I have one of these smisner with a 30hp yamaha, Goes well Really safe and tough little boats, Handles great, From this brand of boats, A great NZ Invention. 

http://www.macboats.co.nz/home

One day i will get the next model up. Im not such a big spender on toys unless its tools :yes: But they make money so its all good.


----------



## moore

My boat. 
You machine guys spend too much money on tools.


----------



## DSJOHN

moore said:


> My boat.
> You machine guys spend too much money on tools.


You sure thats not from the other white dust?:jester:


----------



## cazna

Ok Boys Now you have done it. These are pics of my own i just scanned.

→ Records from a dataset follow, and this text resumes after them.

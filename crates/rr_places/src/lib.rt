//! The switches and the block types of a routing graph file.
#![tactic(auto)]

mod error;
mod keyed;
mod laws;
mod pin_elems;
mod pin_text;
mod pins;
mod switches;
mod tile_names;
mod types;

pub use error::PlaceError;
pub use laws::{one_list, one_refusal};
pub use pin_text::{NamedPin, SubPin};
pub use pins::ClassedPin;
pub use switches::{Switches, read_switches};
pub use types::{BlockType, BlockTypes, read_types};
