ghost use Rattle.std.specs.Prelude.{◌≡◌, ◌⊎◌, map, IfOk, IfErr, OnOk, MatchOption};
ghost use Rattle.std.specs.Option.{option_copied};
ghost use Rattle.vtr_base.specs.Lists.{Has};
ghost use Rattle.rr_places.specs.PinTexts.{NamesPin};
ghost use Rattle.rr_places.specs.Pins.{AreClasses, SaysPin, ptc_of, IsBadPin, IsSeen, NotesClass, NamesNoPin};
ghost use Rattle.rr_places.specs.PinElems.{seen_pin};
ghost use Rattle.rr_places.specs.Reading.{AreRead, IsFirstRefused, OrMemory};

use crate::error::PlaceError;
use crate::keyed::{add, find};
use crate::pin_text::{NamedPin, SubPin, named_pin};
use crate::tile_names::TilePorts;
use elem_reading::number_within;
use elem_text::Elem;
use indexmap::IndexMap;
use std::alloc::{AllocError, Global};

/// A pin of a block type: the pin of its tile, whether that leads out of the tile, and the number
/// of the pin class that lists it, from 0 in the block type.
#[derive(Clone, Copy, Debug, PartialEq, Eq, Drop)]
pub struct ClassedPin {
    pub pin: SubPin,
    pub is_output: bool,
    pub class: u32,
}

/// The pins of a block type by their numbers, and the class of each pin of its tile that is named.
#[derive(Drop)]
pub(crate) struct Pins {
    pub(crate) by_ptc: IndexMap<u32, ClassedPin>,
    pub(crate) classes: IndexMap<SubPin, u32>,
}

/// A `pin` element with the number of its class.
#[derive(Clone, Copy)]
pub(crate) struct PinElem<'a> {
    pub(crate) class: u32,
    pub(crate) elem: &'a Elem,
}

/// The pins that elements say.
pub(crate) fn list_pins(
    alloc: Global,
    tile: Option<&TilePorts<'_>>,
    elems: &[PinElem<'_>],
) -> Result<Pins, PlaceError>
    ensures read { IfOk result (λ pins.
        AreRead (SaysPin (option_copied tile.entry)) ptc_of (map seen_pin elems.now)
        pins.by_ptc.entries) }
    ensures classes { IfOk result (λ pins. AreClasses pins.by_ptc.entries pins.classes.entries) }
    ensures refused { IfErr result (OrMemory
        (IsFirstRefused (SaysPin (option_copied tile.entry)) ptc_of
        (IsBadPin (option_copied tile.entry)) (map seen_pin elems.now))) }
{
    let mut by_ptc = IndexMap::new(alloc);
    let mut classes = IndexMap::new(alloc);
    for item in elems {
        let (ptc, pin) = next_pin(alloc, &by_ptc, tile, item.class, item.elem)?;
        add(&mut by_ptc, ptc, pin)?;
        note_class(&mut classes, pin)?;
    }
    Ok(Pins { by_ptc, classes })
}

/// The pin that an element says, with its number.
fn next_pin(
    alloc: Global,
    by_ptc: &IndexMap<u32, ClassedPin>,
    tile: Option<&TilePorts<'_>>,
    class: u32,
    elem: &Elem,
) -> Result<(u32, ClassedPin), PlaceError>
    ensures said { IfOk result (λ pin.
        SaysPin (option_copied tile.entry) (class, elem.now) pin
        × (IsSeen by_ptc.now.entries pin.0 → ⊥)) }
    ensures refused { IfErr result (OrMemory
        (IsBadPin (option_copied tile.entry) by_ptc.now.entries (class, elem.now))) }
{
    let Some(ptc) = number_within(elem, b"ptc", i32::MAX as u32) else {
        return Err(PlaceError::BadItem { place: elem.place });
    };
    let Some(named) = new_pin(by_ptc, tile, ptc, elem.text.as_bytes()) else {
        let text = elem.text.copy(alloc)?;
        return Err(PlaceError::UnknownPin { text });
    };
    let pin = ClassedPin {
        pin: named.pin,
        is_output: named.is_output,
        class,
    };
    Ok((ptc, pin))
}

/// The pin that a text names, where its number is new.
fn new_pin(
    by_ptc: &IndexMap<u32, ClassedPin>,
    tile: Option<&TilePorts<'_>>,
    ptc: u32,
    text: &[u8],
) -> Option<NamedPin>
    ensures { MatchOption result
        (IsSeen by_ptc.now.entries ptc ⊎ NamesNoPin (option_copied tile.entry) text.now)
        (λ named. NamesPin (option_copied tile.entry) text.now named
        × (IsSeen by_ptc.now.entries ptc → ⊥)) }
{
    match find(by_ptc, ptc) {
        Some(_) => None,
        None => named_pin(tile, text),
    }
}

/// Notes the class of a pin, unless one is known.
fn note_class(classes: &mut IndexMap<SubPin, u32>, pin: ClassedPin) -> Result<(), AllocError>
    ensures { OnOk result (NotesClass classes.old.entries pin classes.new.entries) }
{
    match find(classes, pin.pin) {
        Some(_) => Ok(()),
        None => add(classes, pin.pin, pin.class),
    }
}
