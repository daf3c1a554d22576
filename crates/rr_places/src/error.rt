ghost use Rattle.std.specs.Prelude.{◌≡◌};
ghost use Rattle.rr_places.specs.declared.error.PlaceError.TheVariants.{OutOfMemory};

use std::alloc::{AllocError, AllocFailed};
use thiserror::Error;
use vtr_base::{Place, Text};

/// Why the switches and the block types of a routing graph file were not read.
#[derive(Debug, Drop, Error)]
pub enum PlaceError {
    /// A block type has the name of no tile.
    #[error("block type {id} is unknown")]
    UnknownBlock { id: u32 },
    /// A pin's text names no pin of its tile, or its number stands twice in the block type.
    #[error("a pin's text names no pin of its tile")]
    UnknownPin { text: Text },
    /// A switch, block type or pin lacks an attribute, has a number that isn't allowed, or has an id
    /// seen before.
    #[error("a switch, block type or pin is not well formed")]
    BadItem { place: Place },
    #[error("out of memory")]
    OutOfMemory,
}

impl From<AllocError> for PlaceError {
    ghost from_gives = { λ _ e. e ≡ OutOfMemory };

    fn from(_e: AllocError) -> PlaceError {
        PlaceError::OutOfMemory
    }
}

impl<T: Drop> From<AllocFailed<T>> for PlaceError {
    ghost from_gives = { λ _ e. e ≡ OutOfMemory };

    fn from(_e: AllocFailed<T>) -> PlaceError {
        PlaceError::OutOfMemory
    }
}
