ghost use Rattle.std.specs.Prelude.{◌≡◌, ◌++◌, ◌∷◌, [], OnOk, MatchOption};
ghost use Rattle.vtr_base.specs.Lists.{Has};
ghost use Rattle.rr_places.specs.Keyed.{IsEquality};

use indexmap::IndexMap;
use std::alloc::AllocError;
use std::hash::Hash;

/// What a map has for a key.
pub(crate) fn find<'a, K: Copy + Eq + Hash + Drop, V>(
    map: &'a IndexMap<K, V>,
    key: K,
) -> Option<&'a V>
    requires { IsEquality K.eq }
    ensures { MatchOption result ((value : V) → Has map.now.entries (key, value) → ⊥)
        (λ value. Has map.now.entries (key, value.now)) }
{
    map.get(&key)
}

/// Adds a value under a new key.
pub(crate) fn add<K: Copy + Eq + Hash + Drop, V: Drop>(
    map: &mut IndexMap<K, V>,
    key: K,
    value: V,
) -> Result<(), AllocError>
    requires same { IsEquality K.eq }
    requires new { (other : V) → Has map.old.entries (key, other) → ⊥ }
    ensures { OnOk result (map.new.entries ≡ map.old.entries ++ (key, value) ∷ []) }
{
    map.insert(key, value)?;
    Ok(())
}
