ghost use Rattle.std.specs.Prelude.{◌≡◌, ◌++◌, map, codes, IfOk, OnOk};
ghost use Rattle.elem_reading.specs.Kids.{kids_named as named};
ghost use Rattle.rr_places.specs.Pins.{classed_pins as pins_of, pins_from};
ghost use Rattle.rr_places.specs.PinElems.{seen_pin};

use crate::pins::PinElem;
use elem_attrs::has_tag;
use elem_reading::kids_named;
use elem_text::Elem;
use std::alloc::{AllocError, Global};

/// The `pin` elements of a block type with the numbers of their classes.
pub(crate) fn classed_pins<'a>(
    alloc: Global,
    elem: &'a Elem,
) -> Result<Vec<PinElem<'a>>, AllocError>
    ensures { IfOk result (λ found. map seen_pin found.items ≡ pins_of elem.now) }
{
    let classes = kids_named(alloc, elem, b"pin_class")?;
    pins_of_classes(alloc, &classes)
}

/// The `pin` elements of these classes, which are numbered from 0.
fn pins_of_classes<'a>(alloc: Global, classes: &[&'a Elem]) -> Result<Vec<PinElem<'a>>, AllocError>
    ensures { IfOk result (λ found.
        map seen_pin found.items ≡ pins_from 0 (map (λ e. e.now) classes.now)) }
{
    let mut found = Vec::new(alloc);
    for (place, class) in classes.iter().enumerate() {
        add_pins(&mut found, class_number(place)?, *class)?;
    }
    Ok(found)
}

/// Adds the `pin` elements of a class.
fn add_pins<'a>(found: &mut Vec<PinElem<'a>>, class: u32, elem: &'a Elem) -> Result<(), AllocError>
    ensures { OnOk result (map seen_pin found.new.items ≡ map seen_pin found.old.items
        ++ map (λ pin. (class, pin)) (named elem.now (codes "pin"))) }
{
    for kid in elem.kids.as_slice() {
        if has_tag(kid, b"pin") {
            found.push(PinElem { class, elem: kid })?;
        }
    }
    Ok(())
}

/// A place in a list as a number of 32 bits. A list of more than 2^32 is told as want of memory.
fn class_number(place: usize) -> Result<u32, AllocError>
    ensures { IfOk result (λ n. n ≡ place) }
{
    match u32::try_from(place) {
        Ok(number) => Ok(number),
        Err(_) => Err(AllocError),
    }
}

Pic 0ne IS my fathers boat.

Pic 2 Is a boat he had built for commercial fishing.

And Pic 3 is from the 80s, This was his first fishing boat and another boat hit the front of it, Lucky it was a flat sea and they were close to home, Only a small wave would have sunk it.

He had about 6 boats, Yes 2buck, the baby boomers did very well indeed, right time right place :yes: Its game over for my generation. :furious:


----------



## smisner50s

awsome



cazna said:


> Ok Boys Now you have done it. These are pics of my own i just scanned.
> 
> Pic 0ne IS my fathers boat.
> 
> Pic 2 Is a boat he had built for commercial fishing.
> 
> And Pic 3 is from the 80s, This was his first fishing boat and another boat hit the front of it, Lucky it was a flat sea and they were close to home, Only a small wave would have sunk it.
> 
> He had about 6 boats, Yes 2buck, the baby boomers did very well indeed, right time right place :yes: Its game over for my generation. :furious:


----------



## Tim0282

Do you have many people ride with you Moore?  People often comment on the amount of dust on my dash. Our life is dust, but they don't understand that.


----------



## Tim0282

cazna said:


> I have one of these smisner with a 30hp yamaha, Goes well Really safe and tough little boats, Handles great, From this brand of boats, A great NZ Invention.
> 
> http://www.macboats.co.nz/home
> 
> One day i will get the next model up. Im not such a big spender on toys unless its tools :yes: But they make money so its all good.


I like this boat!! Nice!


----------



## smisner50s

cazna said:


> I have one of these smisner with a 30hp yamaha, Goes well Really safe and tough little boats, Handles great, From this brand of boats, A great NZ Invention.
> 
> http://www.macboats.co.nz/home
> 
> One day i will get the next model up. Im not such a big spender on toys unless its tools :yes: But they make money so its all good.


 thats nice i like it


----------



## moore

Tim0282 said:


> Do you have many people ride with you Moore?  People often comment on the amount of dust on my dash. Our life is dust, but they don't understand that.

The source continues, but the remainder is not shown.